There could be any number of reasons
why that exact same machine learning model that was initially
trained to run and produce the results may begin to drift, may no longer do that. So we fully
recognize that. So for that, what we have done is obviously at that point, you can't go back to the
customer and ask to say, look, let's go hire a data scientist to go help you retrain that program,
right? That's not going to fly. That's not going to happen.
So we built, for example, this is very common practice,
which is built this self-fine tuning application.
So in other words, you build a UI to say, look, here is a player stock.
Here is a worker safety environment.
Here is a predictive maintenance use case for an asset,
but something has changed.
Bring up the UI for that application.
Allow the customer to say, look, here is my new video. Here is my new information that I'm feeding it. And here is what's different about it. Now, underneath what needs to happen is we use this
concept of transfer learning. So in other words, you previously built a machine learning model.
You have trained it based on certain data sets. The model has learned how things work. Now you're feeding that model this additional information. How does the model now learn not only what it has previously
learned but also augmented with what's being fed now? That's the transfer learning. We use the
technique underneath but again none of this is exposed to the end customer because they don't
know what you when you start talking about transfer learning machine learning it goes over their head
you don't know what you're talking about right. So we only expose the UI to them to upload that information.
Underneath, update the model.
That's one technique that we use to be able to continue to predict with the same level of accuracy.
I'll just say a couple more things before I hand it over to you.
So the second aspect is there is this notion of periodic training.
A lot of the times customers say, you know what, I'm not going to bother to come once in a while whenever there is a problem, I'm going to upload it.
But instead, I want you to periodically retrain it almost maybe once a week, maybe once a month.
And here's how we do that.
So we've also employed that mechanism in certain scenarios to say, look, you know what, let's not bother when the problem happens, let's go take a look at it.
Just periodically augment it and implement it. That's one. And there's also a third aspect. This is what we call the closed
loop machine learning. What happens is at the time that you detected a drift or the degradation in
the level of accuracy, you start sending the data into a central retraining module. The model gets
retrained and you push it back onto
the edge device as well. And you keep doing this iteratively until the accuracy comes back up as
well. So, suffice it to just summarize, there are a number of techniques that can be used in order to
update the models to continue to predict the highly accurate results, even when things do
change due to environmental reasons.
And that's one of the things that we've talked about previously. I mean, we did a whole episode
on transfer learning with Alfrane. And it was the same kind of thought that you can't just kind of
set it and forget it. You have to think about how to keep these things fresh, how to keep them up
to date. And one of the things that struck me when you were describing the Foghorn solution was there's sort of another question here too that's maybe more of a philosophical one. Is it,
if anyone can program these systems using, you know, visual on-screen icons and clicks and draw
border around this and so on, is there a risk of sort of amateurish mistakes, basically by making the
system almost too easy to use? In other words, if I'm working at an oil rig and I'm able to get in
there and mess around with it, could I either make a foolish assumption or a foolish mistake
or cancel some feature that somebody else had set up?

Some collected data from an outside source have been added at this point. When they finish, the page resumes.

//! The files of the file system, which tells no content.

ghost use Rattle.std.specs.Prelude.{◌≡◌, ◌≢◌, ℕ, ◌+◌, ◌<◌, ◌≤◌, length, Some, None, IfOk, OnOk};
ghost use Rattle.std.specs.Prelude.{OnErr, IsErrOf, slice_index, take, position, IfSome};
ghost use Rattle.std.specs.Str.{bytes_eq};
ghost use Rattle.host_edge.specs.Disk.{place_of, counts_together, words_of, disk_view};
ghost use Rattle.host_edge.specs.Views.{FolderView, Known, NoCountFalls};
ghost use Rattle.faults.specs.Counts.{Rose, RoseBy, raised};
ghost use Rattle.host_edge.specs.Views.{SameLoadFaults, CountsFault, HasBytes, IsLonger};
ghost use Rattle.host_edge.specs.Views.{KeepsOthers, HasNoFaults, Unfailed};

use crate::answer::{Failed, LoadNo};
use crate::disk_file::set_file;
use crate::folder::Folder;
use crate::stream::read_whole;
use faults::raised;
use std::alloc::Global;
use std::fs;

/// Files of the file system. Each of the first eight words of the command line has a count of load
/// faults of
/// its own, which equal words share, and all other names have one.
#[derive(Drop)]
pub struct DiskFolder<'a> {
    rt: HostRuntime,
    words: &'a [&'a str],
    load_faults: [u64; 9],
    store_faults: u64,
    taken: u64,
}

impl<'a> DiskFolder<'a> {
    pub fn new(rt: HostRuntime, words: &'a [&'a str]) -> DiskFolder<'a>
        ensures known { (disk_view result).holds ≡ None }
        ensures faults { HasNoFaults (disk_view result) }
        ensures words { words_of result ≡ words.now }
    {
        DiskFolder {
            rt,
            words,
            load_faults: [0; 9],
            store_faults: 0,
            taken: 0,
        }
    }
}

/// The words that have counts of their own.
fn counted<'a, 'b>(words: &'b [&'a str]) -> &'b [&'a str]
    ensures value { result.now ≡ take 8 words.now }
    ensures few { length result.now ≤ 8 }
{
    if words.len() < 8 { words } else { &words[..8] }
}

/// Where the name stands first.
fn position_of(words: &[&str], name: &str) -> Option<usize>
    ensures value { result ≡ position (λ word. bytes_eq word.now name.now) words.now }
    ensures bound { IfSome result (λ at. at < length words.now) }
{
    words.iter().position(|word| *word == name)
}

/// The place of the count that the faults of this name go to.
fn place(words: &[&str], name: &str) -> usize
    ensures value { result ≡ place_of words.now name.now }
    ensures bound { result < 9 }
{
    position_of(counted(words), name).unwrap_or(8)
}

/// Counts a fault of a load of this name.
fn count_fault(counts: &mut [u64; 9], words: &[&str], name: &str)
    ensures raised { slice_index counts.new (place_of words.now name.now)
        ≡ raised 1 (slice_index counts.old (place_of words.now name.now)) }
    ensures others { (at : ℕ) → at ≢ place_of words.now name.now
        → slice_index counts.new at ≡ slice_index counts.old at }
    ensures none_falls { (at : ℕ) → slice_index counts.old at ≤ slice_index counts.new at }
{
    let at = place(words, name);
    counts[at] = raised(counts[at], 1);
}

impl Folder for DiskFolder<'_> {
    ghost view = { disk_view };

    fn load(&mut self, name: &str, limit: u64, alloc: Global) -> Result<Vec<u8>, LoadNo>
        ensures files { (disk_view self.new).holds ≡ (disk_view self.old).holds }
        ensures counts { NoCountFalls (disk_view self.old) (disk_view self.new) }
        ensures bytes { IfOk result (λ bytes. HasBytes (disk_view self.old) name.now bytes.items) }
        ensures within { IfOk result (λ bytes. length bytes.items ≤ limit) }
        ensures unfailed { OnOk result (Unfailed (disk_view self.old) (disk_view self.new)) }
        ensures failed { IsErrOf result LoadNo.Failed
            → Rose ((disk_view self.old).load_faults name.now)
            ((disk_view self.new).load_faults name.now) }
        ensures too_long { IsErrOf result LoadNo.TooLong
            → RoseBy (limit + 1) (disk_view self.old).taken (disk_view self.new).taken }
        ensures longer { IsErrOf result LoadNo.TooLong
            → IsLonger limit (disk_view self.old) name.now }
        ensures taken { IfOk result (λ bytes. (disk_view self.new).taken
            ≡ raised (length bytes.items) (disk_view self.old).taken) }
        ensures no_fault { ¬ IsErrOf result LoadNo.Failed
            → SameLoadFaults (disk_view self.old) (disk_view self.new) }
        ensures fault { IsErrOf result LoadNo.Failed
            → CountsFault (counts_together (words_of self.old) name.now)
            (disk_view self.old).load_faults (disk_view self.new).load_faults }
        ensures words { words_of self.new ≡ words_of self.old }
        ensures no_store_fault { (disk_view self.new).store_faults
            ≡ (disk_view self.old).store_faults }
    {
        let (taken, answer) = match fs::open(&self.rt, name) {
            Ok(mut file) => read_whole(&mut file, limit, alloc),
            Err(_) => (0, Err(LoadNo::Failed)),
        };
        self.taken = raised(self.taken, taken);
        if let Err(LoadNo::Failed) = &answer {
            count_fault(&mut self.load_faults, self.words, name);
        }
        answer
    }

    fn store(&mut self, name: &str, bytes: &[u8]) -> Result<(), Failed>
        ensures others { Known (KeepsOthers name.now) (disk_view self.old).holds
            (disk_view self.new).holds }
        ensures counts { NoCountFalls (disk_view self.old) (disk_view self.new) }
        ensures stored { OnOk result (HasBytes (disk_view self.new) name.now bytes.now) }
        ensures unfailed { OnOk result (Unfailed (disk_view self.old) (disk_view self.new)) }
        ensures failed { OnErr result (Rose (disk_view self.old).store_faults
            (disk_view self.new).store_faults) }
        ensures no_load_fault { SameLoadFaults (disk_view self.old) (disk_view self.new) }
        ensures taken { (disk_view self.new).taken ≡ (disk_view self.old).taken }
        ensures words { words_of self.new ≡ words_of self.old }
    {
        if set_file(&self.rt, name, bytes) {
            Ok(())
        } else {
            self.store_faults = raised(self.store_faults, 1);
            Err(Failed)
        }
    }
}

Is there a way to kind of control how this application is used and perhaps abused on a
day-to-day basis? Yeah, you bring up a good point, Stephen, which is not everybody in the plant
actually will have access to be able to change things, right? So we protect this through what we call roles-based access control. Typically, an administrator or supervisor,
whoever comes in, goes, changes, makes the changes, it's all set. Now, the rest of the folks are only
going to be able to monitor, observe, identify what issues are there. If and when somebody wants
to go make a change, then whoever has permission or access to it can only do that. So we give the ability to define the roles and ability to say who is actually allowed to do that.
And that absolutely must be done because inadvertently somebody might actually make
a mistake to undo whatever somebody else has done in the past. That's absolutely
not a good thing to happen. So it's controlled through access privileges.
That makes sense. And definitely a crucial feature. One of the thing that I'm curious about as far as deploying machine learning
or any artificial intelligence at the edge is what the environment, the compute environment
you're walking into is, right? So I'm assuming if you're going into a hospital or a factory or an
oil rig, that there's going to be a variance from each one and maybe even at a single site.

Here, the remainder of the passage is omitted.